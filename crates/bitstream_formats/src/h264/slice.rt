//! The headers of slices (section 7.3.3).

use super::H264Error;
use super::sets::{ParameterSets, PictureOrder, PictureSet, SequenceSet};
use super::weights::read_weights;
use crate::element::{Index, Syntax};
use crate::nal::{UnitError, read_se, read_ue};
use bitstream_io::{BE, BitRead, Error};

/// The greatest number of commands in a list: a list of references has at most 32 pictures, or 64 fields of pictures.
const COMMANDS: u32 = 66;

/// The kinds of slices, by the pictures that predict them.
#[derive(Clone, Copy, Debug, PartialEq, Eq)]
enum Kind {
    /// Predicted from one list of earlier or later pictures.
    P,
    /// Predicted from two lists of pictures.
    B,
    /// Predicted from the picture itself.
    I,
    /// Like `P`, to switch between streams.
    SwitchingP,
    /// Like `I`, to switch between streams.
    SwitchingI,
}

impl Kind {
    /// Returns the kind of a slice whose `slice_type` is `number`.
    fn of(number: u32) -> Option<Kind> {
        match number {
            0 | 5 => Some(Kind::P),
            1 | 6 => Some(Kind::B),
            2 | 7 => Some(Kind::I),
            3 | 8 => Some(Kind::SwitchingP),
            4 | 9 => Some(Kind::SwitchingI),
            _ => None,
        }
    }

    /// Returns true if no list of pictures predicts the slice.
    fn is_intra(self) -> bool {
        matches!(self, Kind::I | Kind::SwitchingI)
    }
}

/// The facts from the unit header of a slice.
#[derive(Clone, Copy, Debug)]
pub(super) struct SliceUnit {
    /// True if the picture is an IDR picture.
    pub(super) is_idr: bool,
    /// True if other pictures may refer to the picture.
    pub(super) is_reference: bool,
}

/// Reads the header of a slice, and the bits before its data. The last 1 of the unit is at `last`.
pub(super) fn read_slice(
    syntax: &mut Syntax<'_, '_, '_, BE>,
    sets: &ParameterSets,
    unit: SliceUnit,
    last: u64,
) -> Result<(), H264Error> {
    read_ue(syntax, "first_mb_in_slice")?;
    let number = read_ue(syntax, "slice_type")?;
    let Some(kind) = Kind::of(number) else {
        return Err(H264Error::SliceType(number));
    };
    let named = read_ue(syntax, "pic_parameter_set_id")?;
    let Some(picture) = sets.picture(named) else {
        return Err(H264Error::MissingPicture(named));
    };
    let Some(sequence) = sets.sequence(picture.sequence) else {
        return Err(H264Error::MissingSequence(picture.sequence));
    };
    read_place(syntax, &sequence, &picture, unit)?;
    if kind == Kind::B {
        syntax.flag("direct_spatial_mv_pred_flag")?;
    }
    if !kind.is_intra() {
        read_references(syntax, &sequence, &picture, kind)?;
    }
    if unit.is_reference {
        read_marking(syntax, unit.is_idr)?;
    }
    read_coding(syntax, &picture, kind)?;
    if syntax.place() > last {
        return Err(H264Error::Unit(UnitError::NoStopBit));
    }
    if picture.arithmetic {
        read_alignment(syntax)?;
    }
    Ok(())
}

/// Reads the number of the slice's picture or field, and its order.
fn read_place(
    syntax: &mut Syntax<'_, '_, '_, BE>,
    sequence: &SequenceSet,
    picture: &PictureSet,
    unit: SliceUnit,
) -> Result<(), Error> {
    if sequence.separate_planes {
        syntax.number("colour_plane_id", 2)?;
    }
    syntax.number("frame_num", sequence.frame_bits)?;
    let is_field = !sequence.frames_only && syntax.flag("field_pic_flag")?;
    if is_field {
        syntax.flag("bottom_field_flag")?;
    }
    if unit.is_idr {
        read_ue(syntax, "idr_pic_id")?;
    }
    let has_bottom = picture.bottom_order && !is_field;
    match sequence.order {
        PictureOrder::Low(bits) => {
            syntax.number("pic_order_cnt_lsb", bits)?;
            if has_bottom {
                read_se(syntax, "delta_pic_order_cnt_bottom")?;
            }
        }
        PictureOrder::Cycle => read_deltas(syntax, has_bottom)?,
        PictureOrder::Decoding => {}
    }
    if picture.redundant_count {
        read_ue(syntax, "redundant_pic_cnt")?;
    }
    Ok(())
}

/// Reads the differences of the order from the order of a cycle.
fn read_deltas(syntax: &mut Syntax<'_, '_, '_, BE>, has_bottom: bool) -> Result<(), Error> {
    syntax.index = Some(Index::One(0));
    read_se(syntax, "delta_pic_order_cnt")?;
    if has_bottom {
        syntax.index = Some(Index::One(1));
        read_se(syntax, "delta_pic_order_cnt")?;
    }
    syntax.index = None;
    Ok(())
}

/// Reads the lists of the pictures that predict the slice, and their weights.
fn read_references(
    syntax: &mut Syntax<'_, '_, '_, BE>,
    sequence: &SequenceSet,
    picture: &PictureSet,
    kind: Kind,
) -> Result<(), H264Error> {
    let is_both = kind == Kind::B;
    let mut last = picture.last_references;
    if syntax.flag("num_ref_idx_active_override_flag")? {
        last[0] = read_ue(syntax, "num_ref_idx_l0_active_minus1")?;
        if is_both {
            last[1] = read_ue(syntax, "num_ref_idx_l1_active_minus1")?;
        }
    }
    if last[0] > 31 || last[1] > 31 {
        return Err(H264Error::TooManyReferences);
    }
    read_modification(syntax, "ref_pic_list_modification_flag_l0")?;
    if is_both {
        read_modification(syntax, "ref_pic_list_modification_flag_l1")?;
    }
    let is_weighted = if is_both {
        picture.weighted_both == 1
    } else {
        picture.weighted_one
    };
    if is_weighted {
        read_weights(syntax, sequence.has_chroma(), last, is_both)?;
    }
    Ok(())
}

/// Reads the changes of a list of pictures.
fn read_modification(
    syntax: &mut Syntax<'_, '_, '_, BE>,
    flag: &'static str,
) -> Result<(), H264Error> {
    if !syntax.flag(flag)? {
        return Ok(());
    }
    for _ in 0..COMMANDS {
        match read_ue(syntax, "modification_of_pic_nums_idc")? {
            0 | 1 => {
                read_ue(syntax, "abs_diff_pic_num_minus1")?;
            }
            2 => {
                read_ue(syntax, "long_term_pic_num")?;
            }
            3 => return Ok(()),
            command => return Err(H264Error::Command(command)),
        }
    }
    Err(H264Error::TooManyCommands)
}

/// Reads the marking of decoded pictures as references.
fn read_marking(syntax: &mut Syntax<'_, '_, '_, BE>, is_idr: bool) -> Result<(), H264Error> {
    if is_idr {
        syntax.flag("no_output_of_prior_pics_flag")?;
        syntax.flag("long_term_reference_flag")?;
        return Ok(());
    }
    if !syntax.flag("adaptive_ref_pic_marking_mode_flag")? {
        return Ok(());
    }
    for _ in 0..COMMANDS {
        let command = read_ue(syntax, "memory_management_control_operation")?;
        if command == 0 {
            return Ok(());
        }
        if command > 6 {
            return Err(H264Error::Command(command));
        }
        read_command(syntax, command)?;
    }
    Err(H264Error::TooManyCommands)
}

/// Reads the pictures that a command on references names.
fn read_command(syntax: &mut Syntax<'_, '_, '_, BE>, command: u32) -> Result<(), Error> {
    if command == 1 || command == 3 {
        read_ue(syntax, "difference_of_pic_nums_minus1")?;
    }
    if command == 2 {
        read_ue(syntax, "long_term_pic_num")?;
    }
    if command == 3 || command == 6 {
        read_ue(syntax, "long_term_frame_idx")?;
    }
    if command == 4 {
        read_ue(syntax, "max_long_term_frame_idx_plus1")?;
    }
    Ok(())
}

/// Reads the elements on the coding of the slice's data.
fn read_coding(
    syntax: &mut Syntax<'_, '_, '_, BE>,
    picture: &PictureSet,
    kind: Kind,
) -> Result<(), Error> {
    if picture.arithmetic && !kind.is_intra() {
        read_ue(syntax, "cabac_init_idc")?;
    }
    read_se(syntax, "slice_qp_delta")?;
    if kind == Kind::SwitchingP {
        syntax.flag("sp_for_switch_flag")?;
    }
    if kind == Kind::SwitchingP || kind == Kind::SwitchingI {
        read_se(syntax, "slice_qs_delta")?;
    }
    if picture.deblocking && read_ue(syntax, "disable_deblocking_filter_idc")? != 1 {
        read_se(syntax, "slice_alpha_c0_offset_div2")?;
        read_se(syntax, "slice_beta_offset_div2")?;
    }
    Ok(())
}

/// Reads the bits up to the next whole byte, before the data of CABAC.
fn read_alignment(syntax: &mut Syntax<'_, '_, '_, BE>) -> Result<(), H264Error> {
    for _ in 0..7 {
        if syntax.reader.byte_aligned() {
            break;
        }
        if !syntax.flag("cabac_alignment_one_bit")? {
            return Err(H264Error::AlignmentBit);
        }
    }
    Ok(())
}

··········

§ Problem details
In the entries above, restate word for word the lines between the one holding "if command == 2" and the one holding "fn read_alignment(syntax: &mut", inclusive, and nothing besides.

§ Response for this exercise
    if command == 2 {
        read_ue(syntax, "long_term_pic_num")?;
    }
    if command == 3 || command == 6 {
        read_ue(syntax, "long_term_frame_idx")?;
    }
    if command == 4 {
        read_ue(syntax, "max_long_term_frame_idx_plus1")?;
    }
    Ok(())
}

/// Reads the elements on the coding of the slice's data.
fn read_coding(
    syntax: &mut Syntax<'_, '_, '_, BE>,
    picture: &PictureSet,
    kind: Kind,
) -> Result<(), Error> {
    if picture.arithmetic && !kind.is_intra() {
        read_ue(syntax, "cabac_init_idc")?;
    }
    read_se(syntax, "slice_qp_delta")?;
    if kind == Kind::SwitchingP {
        syntax.flag("sp_for_switch_flag")?;
    }
    if kind == Kind::SwitchingP || kind == Kind::SwitchingI {
        read_se(syntax, "slice_qs_delta")?;
    }
    if picture.deblocking && read_ue(syntax, "disable_deblocking_filter_idc")? != 1 {
        read_se(syntax, "slice_alpha_c0_offset_div2")?;
        read_se(syntax, "slice_beta_offset_div2")?;
    }
    Ok(())
}

/// Reads the bits up to the next whole byte, before the data of CABAC.
fn read_alignment(syntax: &mut Syntax<'_, '_, '_, BE>) -> Result<(), H264Error> {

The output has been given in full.